En la segunda gala de eliminación de MasterChef, los participantes tuvieron que cocinar tres platos a partir de determinados ingredientes, a partir de una pirámide de tres niveles que tenían en cada estación de trabajo.
Así, a los participantes primero les tocó cocinar un plato con tomate cherry en quince minutos, otro a base de palta y jalapeño en veinticinco y uno a base de hinojo, naranja y azúcar en media hora.
Los participantes que realizaron el mejor plato a base de tomate cherry y a base de jalapeño y palta fueron Rodolfo y Daniela respectivamente, quienes se llevaron los elogios de Donato de Santis, Damián Betular y Germán Martitegui.
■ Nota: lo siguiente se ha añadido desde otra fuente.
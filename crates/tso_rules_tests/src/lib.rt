//! Tests of `chain_rules` and `acyclic_traces` where no clause says all, and worked examples of `order_graph` and `tso_rules`.
#![tactic(auto)]

#[cfg(test)]
mod tests;
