//! Cases, and what they suppose.

use crate::edges::Why;
use crate::eliminations::{Elimination, is_open};
use search_memory::Memory;

/// What is looked at in parts, of which each order of a log keeps one.
#[derive(Clone, Copy, Debug)]
pub(crate) enum Case {
    /// What this load read: each store that is left, and the first value.
    Source(u32),
    /// Which of these two stores comes first; first it is supposed that it is `first`.
    Order { first: u32, second: u32 },
}

/// What a part of a case supposes, by nodes.
#[derive(Clone, Copy)]
pub(crate) enum Supposed {
    /// The load read this source.
    Source { load: u32, source: u32 },
    /// The first comes before the second.
    Before { first: u32, second: u32 },
}

/// A case that isn't refuted yet.
#[derive(Debug, Drop)]
pub(crate) struct OpenCase {
    pub(crate) case: Case,
    /// Of a load's source what it can have read, in the order in which it is supposed.
    pub(crate) sources: Vec<u32>,
    /// How many parts are refuted.
    pub(crate) tried: usize,
}

impl OpenCase {
    /// What the part supposes that is looked at now; None where all are refuted.
    pub(crate) fn supposed(&self) -> Option<Supposed> {
        match (self.case, self.tried) {
            (Case::Source(load), tried) => {
                let source = self.sources.get(tried).copied()?;
                Some(Supposed::Source { load, source })
            }
            (Case::Order { first, second }, 0) => Some(Supposed::Before { first, second }),
            (Case::Order { first, second }, 1) => Some(Supposed::Before {
                first: second,
                second: first,
            }),
            (Case::Order { .. }, _) => None,
        }
    }

    /// Whether the part that is looked at now is the second one of an order, after which there is none.
    pub(crate) fn is_second(&self) -> bool {
        matches!(self.case, Case::Order { .. }) && self.tried == 1
    }
}

impl Elimination {
    /// Something is supposed: all that follows is looked for.
    pub(crate) fn suppose(&mut self, memory: &Memory, supposed: Supposed) {
        match supposed {
            Supposed::Source { load, source } => {
                if is_open(&self.derivation.graph.nodes, load) {
                    self.learn(memory, load, source);
                }
            }
            Supposed::Before { first, second } => {
                self.derivation.infer(memory, first, second, Why::Supposed);
            }
        }
        self.settle(memory);
        self.finish(memory);
    }
}
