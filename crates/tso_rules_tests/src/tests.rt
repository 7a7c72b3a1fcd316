//! Worked examples, how many rounds traces take, in which form they are made, and which traces are shown to have no cycle.

mod acyclic;
mod checkers;
mod counts;
mod forms;
mod rounds;
mod runs;
mod texts;
mod worked;

use chain_rules::{RoundCount, count_rounds};
use std::alloc::Global;
use traces_for_tests::has_unwritten_load;
use tso_ops::{OutOfMemory, Trace};

/// How many rounds a trace takes; None where a load is unwritten.
fn counted(alloc: Global, trace: &Trace) -> Result<Option<RoundCount>, OutOfMemory> {
    if has_unwritten_load(trace) {
        return Ok(None);
    }
    let count = count_rounds(alloc, trace)?;
    Ok(Some(count))
}
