//! What the text of a run that holds says as a log, and that a text has one report as a run, proved of all values.

ghost use Rattle.std.specs.Prelude.{◌≡◌, ◌≢◌, ℕ, Bool, List, []};
ghost use Rattle.tso_model.specs.Axioms.{IsConsistent};
ghost use Rattle.trace_reports.specs.Renderings.{RendersRefusal};
ghost use Rattle.trace_reports.specs.declared.answers.Answer.{Answer};
ghost use Rattle.trace_reports.specs.declared.answers.Answer.TheVariants.{Refused, Violation};
ghost use Rattle.request_options.specs.declared.logs.LogOptions.{LogOptions};
ghost use Rattle.request_options.specs.declared.following.FollowOptions.{FollowOptions};
ghost use Rattle.tso_text.specs.declared.faults.Why.{Why};
ghost use Rattle.run_following.specs.Accounts.{Account};
ghost use Rattle.run_following.specs.JsonLines.{refused_json, run_json};
ghost use Rattle.run_following.specs.Reports.{IsRunReport, RendersRun};
ghost use Rattle.run_following.specs.Runs.{IsFollowed, IsOfLines, IsRunRefusal, SpellsRun};
ghost use Rattle.run_following.specs.Words.{refused_words, run_words};
ghost use Rattle.log_reports.specs.LogReports.{IsLogReport, RendersLog};
ghost use Rattle.log_text.specs.LogTexts.{SpellsLog};
ghost use Rattle.log_text.specs.LogValues.{NumberedLog, log_operations};
ghost use Rattle.run_text_orders.specs.UnknownBytes.{HasNoUnknownBytes};

/// Where a text spells a run none of whose lines is refused, the log that it spells has an order of its memory model. So has a log whose text, as a run, is
/// reported to hold, also where no value was compared. A text of bytes must have no line `un`: a load of which one byte isn't known is compared nowhere, but its
/// log has what it says of its other bytes.
pub fn texts_of_runs_have_orders()
    ensures spelled { (needs_end : Bool) (text : List ℕ) (account : Account) (log : NumberedLog) → SpellsRun needs_end text account →
        account.refusals ≡ [] → SpellsLog text log → HasNoUnknownBytes text → IsConsistent (log_operations log) }
    ensures reported { (renders : RendersRun) (refused : RendersRefusal) (options : FollowOptions) (bytes text : List ℕ) (answer : Answer) (log : NumberedLog) →
        IsRunReport renders refused options bytes text answer → answer ≢ Violation → answer ≢ Refused → SpellsLog bytes log →
        HasNoUnknownBytes bytes → IsConsistent (log_operations log) }
{}

/// Where the report on a text as a run says neither a violation nor a refusal, no report on it as a log says a violation. A text of bytes must have no line
/// `un`.
pub fn runs_that_hold_are_never_violations()
    ensures { (renders : RendersRun) (refused : RendersRefusal) (options : FollowOptions) (bytes text : List ℕ) (answer : Answer) (log_renders : RendersLog)
        (log_refused : RendersRefusal) (log_options : LogOptions) (log_report : List ℕ) → IsRunReport renders refused options bytes text answer →
        answer ≢ Violation → answer ≢ Refused → HasNoUnknownBytes bytes → IsLogReport log_renders log_refused log_options bytes log_report Violation → ⊥ }
{}

/// A text has one report as a run. Two accounts of the same lines are one; one account is followed of a text, or else it is refused, at one line for one fault.
/// So one text in words and one line of JSON report on it, with or without sentences, and the answer is one.
pub fn texts_have_one_report()
    ensures account { (a b : Account) → IsOfLines a → IsOfLines b → a.texts ≡ b.texts → a ≡ b }
    ensures followed { (needs_end is_fast : Bool) (text : List ℕ) (a b : Account) → IsFollowed needs_end is_fast text a →
        IsFollowed needs_end is_fast text b → a ≡ b }
    ensures never_both { (needs_end is_fast : Bool) (text : List ℕ) (account : Account) (line : ℕ) (why : Why) → IsFollowed needs_end is_fast text account →
        IsRunRefusal needs_end is_fast text line why → ⊥ }
    ensures refusal { (needs_end is_fast : Bool) (text : List ℕ) (line other_line : ℕ) (why other_why : Why) → IsRunRefusal needs_end is_fast text line why →
        IsRunRefusal needs_end is_fast text other_line other_why → (line ≡ other_line) × (why ≡ other_why) }
    ensures words { (explained : Bool) (options : FollowOptions) (bytes text other : List ℕ) (answer another : Answer) →
        IsRunReport (run_words explained) (λ head. refused_words) options bytes text answer →
        IsRunReport (run_words explained) (λ head. refused_words) options bytes other another → (text ≡ other) × (answer ≡ another) }
    ensures json { (explained : Bool) (options : FollowOptions) (bytes text other : List ℕ) (answer another : Answer) →
        IsRunReport (run_json explained) (λ head. refused_json) options bytes text answer →
        IsRunReport (run_json explained) (λ head. refused_json) options bytes other another → (text ≡ other) × (answer ≡ another) }
{}
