//! The laws that the text of a run that holds, as a log, has an order, and that a text has one report as a run. `README.md` says what is proved.
#![tactic(auto)]

pub mod laws;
Como si esto fuera poco, esto fue lo que los habilitó a subir al balcón y pudieron saltarse la última prueba de la noche, a partir de la cual el participante que hiciera el peor plato tendría que despedirse del certamen.
Los ingredientes que sí o sí debían estar presentes en el plato final eran el hinojo, el azúcar y la naranja. De esta forma, la mayoría de los participantes optó realizar proteínas agridulces como el cerdo.
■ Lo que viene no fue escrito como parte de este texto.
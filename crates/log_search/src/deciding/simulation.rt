//! An order of all stores of a log, made event by event, which keeps what is derived.

use crate::candidates::Candidates;
use crate::deciding::cases::Case;
use crate::eliminations::Elimination;
use crate::graphs::Graph;
use crate::nodes::{FIRST, Kind, Node};
use crate::numbers::{NONE, count, item, narrow, put};
use crate::rows::Rows;
use search_memory::Memory;

mod choices;
mod stuck;

/// So many times a simulation goes back to another choice.
const MOST_RETURNS: usize = 1_000;

/// How a simulation ended.
#[derive(Debug, Drop)]
pub(crate) enum Outcome {
    /// With this order of all stores.
    Ordered(Vec<u32>),
    /// No event could come next, whatever came before: this case is to be looked at.
    Stuck(Case),
    /// No event could come next, and nothing is to be looked at.
    Lost,
}

/// A node that came, and of a store the last store to its address before it, or `FIRST`.
#[derive(Clone, Copy)]
struct Came {
    number: u32,
    before: u32,
}

/// What came by a choice: how many nodes had come before, and the chains whose next members could have come too, the best one last.
#[derive(Debug, Drop)]
struct Choice {
    came: usize,
    others: Vec<u32>,
}

/// The nodes that have come, and what may come next.
#[derive(Drop)]
pub(crate) struct Simulation<'a> {
    memory: &'a Memory,
    graph: &'a Graph,
    rows: &'a Rows,
    candidates: &'a Candidates,
    /// How many members of each chain have come.
    come: Vec<u32>,
    /// For each chain a place of another one that has to come before its next member, as far as one is known.
    blockers: Vec<(u32, u32)>,
    /// The store to each address that came last, or `FIRST`.
    latest: Vec<u32>,
    /// How many of the loads that are known to have read a store haven't come.
    readers: Vec<u32>,
    /// Of each class of values how many loads haven't come whose sources aren't known.
    wanting: Vec<u32>,
    /// The stores that have come, in their order.
    stores: Vec<u32>,
    /// How many nodes haven't come.
    left: usize,
    /// The nodes that have come, in their order.
    trail: Vec<Came>,
    /// What came by choices that can be changed.
    choices: Vec<Choice>,
    /// How often it went back.
    returns: usize,
    /// The case to look at where the fewest nodes were left, and how many were.
    stuck: Option<Case>,
    least_left: usize,
}

/// Lets all nodes come in an order that keeps what an elimination derived, loads as soon as they can, stores once no load of the
/// store before is left.
pub(crate) fn simulate(memory: &Memory, elimination: &Elimination) -> Outcome {
    let graph = &elimination.derivation.graph;
    let nodes = graph.nodes.len();
    let candidates = &elimination.candidates;
    let mut simulation = Simulation {
        memory,
        graph,
        rows: &elimination.derivation.rows,
        candidates,
        come: memory.filled(0, graph.chains.len()),
        blockers: memory.filled((0, 0), graph.chains.len()),
        latest: memory.filled(FIRST, graph.addresses()),
        readers: memory.filled(0, nodes),
        wanting: memory.filled(0, candidates.classes()),
        stores: memory.room(nodes),
        left: nodes,
        trail: memory.room(nodes),
        choices: Vec::new(memory.alloc()),
        returns: 0,
        stuck: None,
        least_left: usize::MAX,
    };
    simulation.count_loads();
    if simulation.run() {
        return Outcome::Ordered(simulation.stores);
    }
    match simulation.stuck {
        Some(case) => Outcome::Stuck(case),
        None => Outcome::Lost,
    }
}

impl Simulation<'_> {
    /// Counts the loads of each store, and those whose sources aren't known.
    fn count_loads(&mut self) {
        for number in 0..self.graph.nodes.len() {
            let load = narrow(number);
            match self.graph.node(load) {
                Some(node) if node.is_open() => {
                    count(&mut self.wanting, self.candidates.class_number(load));
                }
                Some(node) if node.is_load() => {
                    count(&mut self.readers, node.source);
                }
                _ => {}
            }
        }
    }

    /// Lets nodes come, and goes back where none can: whether all came.
    fn run(&mut self) -> bool {
        for _ in 0..usize::MAX {
            if self.left == 0 || self.memory.is_refused() {
                break;
            }
            if self.sweep() || self.choose() {
                continue;
            }
            self.note_stuck();
            if !self.choose_another() {
                break;
            }
        }
        self.left == 0
    }

    /// Lets the next members of each chain come as far as nothing is lost by it: whether some came.
    fn sweep(&mut self) -> bool {
        let before = self.left;
        for chain in 0..narrow(self.graph.chains.len()) {
            self.advance(chain);
        }
        self.left < before
    }

    /// Lets the next members of a chain come as long as nothing is lost by it.
    fn advance(&mut self, chain: u32) {
        for _ in 0..self.graph.nodes.len() {
            match self.next_of(chain) {
                Some(number) if self.is_ready(chain, number) && self.is_safe(number) => {
                    self.take_next(chain);
                }
                _ => return,
            }
        }
    }

    /// The next member of a chain.
    #[inline]
    fn next_of(&self, chain: u32) -> Option<u32> {
        let place = item(&self.come, chain).saturating_add(1);
        self.graph.chains.member(chain, place)
    }

    /// Whether the next member of a chain can come, a swap's load with its store.
    fn is_ready(&mut self, chain: u32, number: u32) -> bool {
        let Some(node) = self.graph.node(number) else {
            return false;
        };
        match node.kind {
            Kind::SwapStore => false,
            Kind::Stbar => self.is_free(chain, number, NONE),
            Kind::Load => self.is_free(chain, number, NONE) && self.reads_right(number, node),
            Kind::Store | Kind::LoneSwapStore => {
                self.is_free(chain, number, NONE) && self.may_follow(node, 0)
            }
            Kind::SwapLoad => {
                self.is_free(chain, number, NONE)
                    && self.reads_right(number, node)
                    && self.is_swap_free(chain, number, node)
            }
        }
    }

    /// Whether the store of a swap can come right behind its load, which is the next member of a chain.
    fn is_swap_free(&mut self, chain: u32, load: u32, node: Node) -> bool {
        let number = load.saturating_add(1);
        let Some(store) = self.graph.node(number) else {
            return false;
        };
        let own = u32::from(!node.is_open());
        self.is_free(store.chain, number, chain) && self.may_follow(store, own)
    }

    /// Whether all that comes before the next member of a chain has come, but for the next member of one chain.
    fn is_free(&mut self, chain: u32, number: u32, besides: u32) -> bool {
        let blocker = self.blockers.get(chain as usize).copied();
        if let Some((other, place)) = blocker
            && self.is_left(other, place, besides)
        {
            return false;
        }
        for other in 0..narrow(self.rows.width()) {
            let place = self.rows.place(number, other);
            if self.is_left(other, place, besides) {
                if let Some(blocker) = self.blockers.get_mut(chain as usize) {
                    *blocker = (other, place);
                }
                return false;
            }
        }
        true
    }

    /// Whether a place of a chain hasn't come, but for the next one of one chain.
    #[inline]
    fn is_left(&self, chain: u32, place: u32, besides: u32) -> bool {
        let come = item(&self.come, chain).saturating_add(u32::from(chain == besides));
        place > come
    }

    /// Whether a load would read what it read.
    fn reads_right(&self, number: u32, node: Node) -> bool {
        let seen = if node.own != NONE && !self.has_come(node.own) {
            node.own
        } else {
            item(&self.latest, node.address)
        };
        if !node.is_open() {
            return node.source == seen;
        }
        let class = self.candidates.class_number(number);
        if seen == FIRST {
            self.candidates.has_first(number, false)
        } else {
            class != NONE && class == self.candidates.class_number(seen)
        }
    }

    fn has_come(&self, number: u32) -> bool {
        match self.graph.node(number) {
            Some(node) => item(&self.come, node.chain) >= node.place,
            None => true,
        }
    }

    /// Whether a store can follow the last store to its address: at most so many of that one's loads haven't come.
    fn may_follow(&self, store: Node, own: u32) -> bool {
        let latest = item(&self.latest, store.address);
        latest == FIRST || item(&self.readers, latest) <= own
    }

    /// Whether no order is lost where the next member of a chain comes, which can: it is no store, or no load needs what memory
    /// has before it, and none of its own is left.
    fn is_safe(&self, number: u32) -> bool {
        match self.store_of(number) {
            Some((number, store)) => {
                item(&self.readers, number) == 0 && self.lost_by(number, store) == 0
            }
            None => true,
        }
    }

    /// The store that comes with a node, if one does.
    fn store_of(&self, number: u32) -> Option<(u32, Node)> {
        let node = self.graph.node(number)?;
        match node.kind {
            Kind::Load | Kind::Stbar => None,
            Kind::Store | Kind::SwapStore | Kind::LoneSwapStore => Some((number, node)),
            Kind::SwapLoad => {
                let number = number.saturating_add(1);
                Some((number, self.graph.node(number)?))
            }
        }
    }

    /// How many loads whose sources aren't known, and which haven't come, can have read what memory has where this store comes.
    fn lost_by(&self, number: u32, store: Node) -> u32 {
        let latest = item(&self.latest, store.address);
        if latest == FIRST {
            return 0;
        }
        let class = self.candidates.class_number(latest);
        if class == NONE || class == self.candidates.class_number(number) {
            0
        } else {
            item(&self.wanting, class)
        }
    }

    /// Lets the next member of a chain come, and the store of a swap with its load.
    fn take_next(&mut self, chain: u32) {
        let Some(number) = self.next_of(chain) else {
            return;
        };
        self.take(number);
        if self.graph.is_swap_load(number) {
            self.take(number.saturating_add(1));
        }
    }

    fn take(&mut self, number: u32) {
        let Some(node) = self.graph.node(number) else {
            return;
        };
        let before = item(&self.latest, node.address);
        self.memory.push(&mut self.trail, Came { number, before });
        count(&mut self.come, node.chain);
        self.left = self.left.saturating_sub(1);
        if node.is_store() {
            put(&mut self.latest, node.address, number);
            self.memory.push(&mut self.stores, number);
        } else if node.is_open() {
            lower(&mut self.wanting, self.candidates.class_number(number));
        } else if node.is_load() {
            lower(&mut self.readers, node.source);
        }
    }

    /// Takes back what came after so many nodes.
    fn take_back(&mut self, came: usize) {
        for _ in came..self.trail.len() {
            if let Some(last) = self.trail.pop() {
                self.take_back_one(last);
            }
        }
    }

    fn take_back_one(&mut self, last: Came) {
        let Some(node) = self.graph.node(last.number) else {
            return;
        };
        lower(&mut self.come, node.chain);
        if let Some(blocker) = self.blockers.get_mut(node.chain as usize) {
            *blocker = (0, 0);
        }
        self.left = self.left.saturating_add(1);
        if node.is_store() {
            put(&mut self.latest, node.address, last.before);
            self.stores.pop();
        } else if node.is_open() {
            count(&mut self.wanting, self.candidates.class_number(last.number));
        } else if node.is_load() {
            count(&mut self.readers, node.source);
        }
    }
}

/// Takes 1 from the item at an index.
fn lower(items: &mut [u32], index: u32) {
    put(items, index, item(items, index).saturating_sub(1));
}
El mejor plato de esta tanda fue realizado por Carlos, quien sorprendió al jurado y se llevó todos los halagos de Damián Betular y Germán Martitegui. A continuación, el jurado salvó a Silvana y a María Sol. De esta forma, el peor plato estaba entre Micaela, Candelaria y Delfina.
Lamentablemente, fue el momento de despedirse de Micaela, que se mostró agradecida con el jurado y con la experiencia ganada. Al mismo tiempo, los tres jurados le dieron todos sus buenos deseos y elogiaron su cálida personalidad.
Así Mica, con lágrimas pero riendo, se despidió de MasterChef y de sus compañeros.